Defense of Marriage Act: discriminatory toward gays, or upholding tradition?
- Although about a dozen states have legalized same-sex marriage, the federal government has not. In a 5-4 decision, the Supreme Court required the federal government to recognize same-sex marriages in states where they have been made legal. In a separate decision, the court dismissed a challenge to California's same-sex marriage ban, sending the case back to a lower court and clearing the way for gay marriages in the state.
- (Photo: Wilfredo Lee, AP)
- Our view: Gay marriage rulings head in right direction
- Opposing view: Supreme Court rulings outrageous. (Brian Brown)
- Here's what USA TODAY readers had to say:
- Since we live in a Constitutional republic, this means the power of all forms of governance, including that of direct democracy through ballot initiatives is limited when it runs afoul of the Constitution. When there is a conflict between the Constitution and state law, I would expect people sworn to uphold the law to abide by the Constitution first and state law second.
- Marriage: The formal union of a man and a woman, typically recognized by law, by which they become husband and wife. Where do you find gay, same sex, homosexual or lesbian in that definition. It doesn't say husband and husband or wife and wife. It will never be a marriage, it should always be a civil union with the same benefits and penalties of a married couple. PERIOD!

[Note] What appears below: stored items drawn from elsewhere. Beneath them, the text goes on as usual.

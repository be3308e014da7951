//! Each module of a plan is given by its numbers: its files, its locks, and the entries of its classpaths.
//!
//! 1. `selected::SelectedModule` is a module that is built, with all that its plan is made from.
//! 2. `ready::made_ready` adds its goals, the files that are fetched for it (`uses::fetched_files`), the locks that
//!    cover them (`uses::fetched_locks`), and the files that it may be installed as (`installed::outputs`).
//! 3. `entries::entries_of` gives the entries of its classpaths, and `numbers::part_of` its numbers in the plan,
//!    which `places::Places` and `files::FileList` find.
//! 4. `parts::parts_of` does so for all modules of a plan.
#![tactic(auto)]

mod entries;
mod files;
mod installed;
mod numbers;
mod parts;
mod places;
mod ready;
mod selected;
mod uses;
mod winners;

pub use entries::entries_of;
pub use files::FileList;
pub use installed::{is_pom, outputs, pom_file};
pub use numbers::{Part, copy_of, part_of};
pub use parts::{Parts, parts_of};
pub use places::{Item, Places, small};
pub use ready::{Ready, made_ready};
pub use selected::{Output, Planned, SelectedModule};
pub use uses::{add_text, fetched_files, fetched_locks, texts_of};
pub use winners::{artifact_file, has_names, needs_path, slot_of};
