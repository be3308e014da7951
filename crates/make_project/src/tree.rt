// The files of the generated project.
ghost use Rattle.std.specs.Prelude.{◌≡◌, ◌≤◌, ◌++◌, ◌∷◌, [], true, flat_map, IfOk, OnOk};
ghost use Rattle.outside_mem.specs.Tree.{files_of, tree_files};
ghost use Rattle.make_project.specs.Poms.{numbers};
ghost use Rattle.make_project.specs.Projects.{module_files, number_file, pom_file, project_files, remote_files};

use crate::poms::{module_name, module_pom, root_pom};
use crate::repository::remote_files;
use goal_types::SourceFile;
use mvn_outside::Files;
use mvn_shared::{Bytes, List, Mem, Text};
use outside_mem::{MemFile, MemTree, NoFailures};
use std::alloc::Global;

/// A project, and the files of the remote repository that it needs.
#[derive(Drop)]
pub struct Project {
    pub tree: MemTree<NoFailures>,
    pub remote: List<MemFile>,
}

// A file in a module's folder.
fn push_file(
    alloc: Global,
    files: &mut List<SourceFile>,
    folder: &str,
    path: &str,
    bytes: Bytes,
) -> Mem<()>
    ensures { OnOk result (files.new
        ≡ files.old ++ (record { path = folder.now ++ path.now; bytes = bytes }) ∷ []) }
{
    let mut whole = Text::from_str(alloc, folder)?;
    whole.push_str(path)?;
    files.push(SourceFile { path: whole, bytes })
}

// A module's POM.
fn push_pom(alloc: Global, files: &mut List<SourceFile>, number: u32) -> Mem<()>
    ensures { OnOk result (files.new ≡ files.old ++ pom_file number ∷ []) }
{
    let folder = module_name(alloc, number)?;
    let pom = module_pom(alloc, number)?;
    push_file(alloc, files, folder.as_str(), "/pom.xml", pom)
}

// A module's one source, which holds its number.
fn push_source(alloc: Global, files: &mut List<SourceFile>, number: u32) -> Mem<()>
    ensures { OnOk result (files.new ≡ files.old ++ number_file number ∷ []) }
{
    let folder = module_name(alloc, number)?;
    let text = format!(in alloc; "{number}")?;
    let bytes = Bytes::of(text.into_bytes());
    push_file(alloc, files, folder.as_str(), "/src/main/java/A.txt", bytes)
}

// The files of a module.
#[tactic(auto, using(crate::proofs::Numbers::two_more))]
fn push_module(alloc: Global, files: &mut List<SourceFile>, number: u32) -> Mem<()>
    ensures { OnOk result (files.new ≡ files.old ++ module_files number) }
{
    push_pom(alloc, files, number)?;
    push_source(alloc, files, number)?;
    Ok(())
}

// The files of the modules of a project of so many POMs.
#[tactic(auto, using(crate::proofs::Numbers::numbers_more))]
fn push_modules(alloc: Global, files: &mut List<SourceFile>, poms: u32) -> Mem<()>
    requires { 1 ≤ poms }
    ensures { OnOk result (files.new ≡ files.old ++ flat_map module_files (numbers poms)) }
{
    for number in 1..poms {
        push_module(alloc, files, number)?;
    }
    Ok(())
}

// The files of a project of so many POMs.
fn project_files(alloc: Global, poms: u32) -> Mem<List<SourceFile>>
    ensures { IfOk result (λ files. files ≡ project_files poms) }
{
    let mut files = List::new(alloc);
    let root = root_pom(alloc, poms)?;
    push_file(alloc, &mut files, "", "pom.xml", root)?;
    if poms > 1 {
        push_modules(alloc, &mut files, poms)?;
    }
    Ok(files)
}

/// The project of so many POMs, which is never at fault, and the files of its remote repository: a root, and modules
/// each of which stands on the module of half its number and on a library. Costs its size. Project rule.
pub fn generated(alloc: Global, poms: u32) -> Mem<Project>
    ensures tree { IfOk result (λ project.
        tree_files project.tree ≡ files_of (project_files poms)) }
    ensures remote { IfOk result (λ project. project.remote ≡ remote_files) }
    ensures never { IfOk result (λ project.
        ⟦<MemTree<NoFailures> as Files>⟧.never_fails project.tree ≡ true) }
{
    let files = project_files(alloc, poms)?;
    let tree = MemTree::without_failures(alloc, files)?;
    let remote = remote_files(alloc)?;
    Ok(Project { tree, remote })
}
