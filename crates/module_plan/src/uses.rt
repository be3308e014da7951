// What the goals of a module use of its dependencies: files, and the locks that cover them.
ghost use Rattle.std.specs.Prelude.{◌≡◌, [], true, not, ◌&&◌, filter, fold, if◌then◌else◌, IfOk, OnOk};
ghost use Rattle.std.specs.FinMap as finite;
ghost use Rattle.mvn_base.specs.Gav.{lock_name};
ghost use Rattle.classpaths.specs.Classpaths.{files_of, with_name};
ghost use Rattle.module_plan.specs.Numbers.{ascending, with_text, with_texts};
ghost use Rattle.module_plan.specs.Uses.{fetched_files, fetched_locks, has_names, is_selected, used_by};

use crate::files::FileList;
use crate::installed::pom_file;
use crate::places::Places;
use crate::winners::{artifact_file, has_names, needs_path};
use classpaths::Resolved;
use goal_types::GoalCall;
use mvn_base::{FileName, Gav, lock_name};
use mvn_shared::{Bytes, FileMap, List, Mem, Shared, Text};
use std::alloc::Global;

// Puts the files of a dependency to others, unless it is built in this run.
#[tactic(auto, using(crate::proofs::Naming::gav_of))]
fn add_files(alloc: Global, files: &mut FileList, built: &Places<Gav>, winner: &Resolved) -> Mem<()>
    requires names { has_names winner.now ≡ true }
    ensures { OnOk result (files.new
        ≡ fold with_name files.old (files_of (is_selected built.now) winner.now)) }
{
    if built.has(&winner.gav) {
        return Ok(());
    }
    if winner.pom_found {
        files.add(pom_file(alloc, &winner.gav)?)?;
    }
    files.add(artifact_file(alloc, winner)?)
}

// Adds the files of a dependency to those that are fetched, if its names are valid.
fn add_named(alloc: Global, files: &mut FileList, built: &Places<Gav>, winner: &Resolved) -> Mem<()>
    ensures { OnOk result (files.new ≡ (if has_names winner.now
        then fold with_name files.old (files_of (is_selected built.now) winner.now)
        else files.old)) }
{
    if !has_names(winner) {
        return Ok(());
    }
    add_files(alloc, files, built, winner)
}

// The files of all dependencies.
#[tactic(auto, using(crate::proofs::Walks::one_file_more))]
fn all_files(alloc: Global, built: &Places<Gav>, winners: &[Shared<Resolved>]) -> Mem<FileList>
    ensures { IfOk result (λ list. list
        ≡ fetched_files built.now (filter has_names winners.now)) }
{
    let mut files = FileList::new(alloc);
    for winner in winners {
        add_named(alloc, &mut files, built, winner)?;
    }
    Ok(files)
}

/// The files that are fetched for a module, by its goals and its dependencies: none where no goal needs a classpath. Costs their names.
/// Maven's repository layout.
pub fn fetched_files(
    alloc: Global,
    built: &Places<Gav>,
    calls: &[GoalCall],
    winners: &[Shared<Resolved>],
) -> Mem<List<FileName>>
    ensures { IfOk result (λ list. list
        ≡ fetched_files built.now (used_by calls.now winners.now)) }
{
    if !needs_path(calls) {
        return Ok(List::new(alloc));
    }
    let files = all_files(alloc, built, winners)?;
    files.into_list(alloc)
}

/// Puts a text to a set of them. Logarithmic time.
pub fn add_text(alloc: Global, texts: &mut FileMap, text: Text) -> Mem<()>
    ensures { OnOk result (texts.new ≡ with_text texts.old text) }
{
    texts.insert(text, Bytes::of(Vec::new(alloc)))
}

// Puts the lock of a dependency to others, unless it is built in this run.
fn add_lock(alloc: Global, locks: &mut FileMap, built: &Places<Gav>, winner: &Resolved) -> Mem<()>
    ensures { OnOk result (locks.new
        ≡ (if has_names winner.now && not (is_selected built.now winner.now.gav)
        then with_text locks.old (lock_name winner.now.gav) else locks.old)) }
{
    if !has_names(winner) {
        return Ok(());
    }
    if built.has(&winner.gav) {
        return Ok(());
    }
    let name = lock_name(alloc, &winner.gav)?;
    add_text(alloc, locks, name)
}

// The locks of all dependencies.
#[tactic(auto, using(crate::proofs::Walks::one_lock_more))]
fn all_locks(alloc: Global, built: &Places<Gav>, winners: &[Shared<Resolved>]) -> Mem<FileMap>
    ensures { IfOk result (λ set. set ≡ with_texts finite.empty
        (fetched_locks built.now (filter has_names winners.now))) }
{
    let mut locks = FileMap::new(alloc);
    for winner in winners {
        add_lock(alloc, &mut locks, built, winner)?;
    }
    Ok(locks)
}

/// The texts of a set, ascending. Costs their length.
pub fn texts_of(alloc: Global, set: &FileMap) -> Mem<List<Text>>
    ensures { IfOk result (λ list. list ≡ finite.keys set.now) }
{
    Ok(List::of(set.names(alloc)?))
}

// The locks that cover the files that are fetched, where some goal needs a classpath.
fn used_locks(
    alloc: Global,
    built: &Places<Gav>,
    calls: &[GoalCall],
    winners: &[Shared<Resolved>],
) -> Mem<FileMap>
    ensures { IfOk result (λ set. set ≡ with_texts finite.empty
        (fetched_locks built.now (used_by calls.now winners.now))) }
{
    if !needs_path(calls) {
        return Ok(FileMap::new(alloc));
    }
    all_locks(alloc, built, winners)
}

/// The locks that cover the files that are fetched for a module, ascending, each once: none where no goal needs a classpath. Costs their
/// names, each in logarithmic time. Resolver, "Named Locks".
#[tactic(auto, unfolding(crate::specs::Numbers::ascending))]
pub fn fetched_locks(
    alloc: Global,
    built: &Places<Gav>,
    calls: &[GoalCall],
    winners: &[Shared<Resolved>],
) -> Mem<List<Text>>
    ensures { IfOk result (λ list. list
        ≡ ascending (fetched_locks built.now (used_by calls.now winners.now))) }
{
    let locks = used_locks(alloc, built, calls, winners)?;
    texts_of(alloc, &locks)
}
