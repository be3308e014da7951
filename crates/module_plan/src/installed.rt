// The files that a module may be installed as.
ghost use Rattle.std.specs.Prelude.{◌≡◌, [], ◌∷◌, ◌++◌, true, codes, IfOk, OnOk, if◌then◌else◌};
ghost use Rattle.mvn_base.specs.FileName.{file_name, IsValid, is_classifier};
ghost use Rattle.mvn_base.specs.Names.{is_name};
ghost use Rattle.classpaths.specs.Classpaths.{pom_file};
ghost use Rattle.module_plan.specs.Outputs.{attached, has_main, is_pom, main_output, outputs};

use crate::selected::Output;
use goal_types::Slot;
use model_types::Model;
use mvn_base::{FileName, Gav, file_of, handler, valid_name};
use mvn_shared::{List, Mem, Text};
use std::alloc::Global;

/// Whether the packaging of a model is `pom`. Constant time.
pub fn is_pom(model: &Model) -> bool
    ensures { result ≡ is_pom model.now }
{
    model.packaging.as_str() == "pom"
}

// The name of a file of the module.
fn name_of(alloc: Global, gav: &Gav, classifier: &str, extension: &Text) -> Mem<FileName>
    requires names { IsValid gav.now }
    requires classifier { is_classifier classifier.now ≡ true }
    requires extension { is_name extension.now ≡ true }
    ensures { IfOk result (λ name. name ≡ file_name gav.now classifier.now extension.now) }
{
    let classifier = Text::from_str(alloc, classifier)?;
    file_of(alloc, gav, &classifier, extension)
}

// The extension of what is attached.
#[tactic(auto, unfolding(mvn_base::specs::Names::is_name, mvn_base::specs::Names::is_name_byte))]
fn jar(alloc: Global) -> Mem<Text>
    ensures word { IfOk result (λ text. text ≡ codes "jar") }
    ensures name { IfOk result (λ text. is_name text ≡ true) }
{
    Text::from_str(alloc, "jar")
}

// The extension of a POM.
#[tactic(auto, unfolding(mvn_base::specs::Names::is_name, mvn_base::specs::Names::is_name_byte))]
fn pom(alloc: Global) -> Mem<Text>
    ensures word { IfOk result (λ text. text ≡ codes "pom") }
    ensures name { IfOk result (λ text. is_name text ≡ true) }
{
    Text::from_str(alloc, "pom")
}

/// The name of a POM's file. Costs its length. Maven's repository layout.
pub fn pom_file(alloc: Global, gav: &Gav) -> Mem<FileName>
    requires names { IsValid gav.now }
    ensures { IfOk result (λ name. name ≡ pom_file gav.now) }
{
    let extension = pom(alloc)?;
    name_of(alloc, gav, "", &extension)
}

// Puts the outputs beside the POM and the main one to others.
#[tactic(auto, unfolding(mvn_base::specs::Names::is_name, mvn_base::specs::Names::is_name_byte))]
fn push_attached(alloc: Global, gav: &Gav, list: &mut List<Output>) -> Mem<()>
    requires names { IsValid gav.now }
    ensures { OnOk result (list.new ≡ list.old ++ attached gav.now) }
{
    let extension = jar(alloc)?;
    let name = name_of(alloc, gav, "tests", &extension)?;
    list.push(Output {
        slot: Slot::Tests,
        name,
    })?;
    let name = name_of(alloc, gav, "sources", &extension)?;
    list.push(Output {
        slot: Slot::Sources,
        name,
    })?;
    let name = name_of(alloc, gav, "javadoc", &extension)?;
    list.push(Output {
        slot: Slot::Javadoc,
        name,
    })
}

// Puts the main output to others, if there is one.
fn push_main(alloc: Global, model: &Model, list: &mut List<Output>) -> Mem<()>
    requires names { IsValid model.now.gav }
    ensures { OnOk result (list.new
        ≡ list.old ++ (if has_main model.now then main_output model.now ∷ [] else [])) }
{
    if is_pom(model) {
        return Ok(());
    }
    let extension = handler(alloc, &model.packaging)?.extension;
    if !valid_name(extension.as_bytes()) {
        return Ok(());
    }
    let name = name_of(alloc, &model.gav, "", &extension)?;
    list.push(Output {
        slot: Slot::Main,
        name,
    })
}

/// The files that a module may be installed as, the POM's first. Costs their names. Maven's repository layout.
#[tactic(auto, unfolding(crate::specs::Outputs::outputs), using(crate::proofs::Lists::some_then))]
pub fn outputs(alloc: Global, model: &Model) -> Mem<List<Output>>
    requires names { IsValid model.now.gav }
    ensures { IfOk result (λ list. list ≡ outputs model.now) }
{
    let mut list = List::new(alloc);
    let name = pom_file(alloc, &model.gav)?;
    list.push(Output {
        slot: Slot::Pom,
        name,
    })?;
    push_main(alloc, model, &mut list)?;
    push_attached(alloc, &model.gav, &mut list)?;
    Ok(list)
}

- Feedback on USA TODAY's article "Supreme Court gives big boost to same-sex marriage":
- Striking down DOMA has nothing to do with gay rights. It has to do with STATE RIGHTS ! The implication of DOMA was to say that Federal Government could ignore legitimate state laws, any time they chose. This ruling is huge in once again reinforcing states ability to enact laws and requiring Federal Government to recognise them.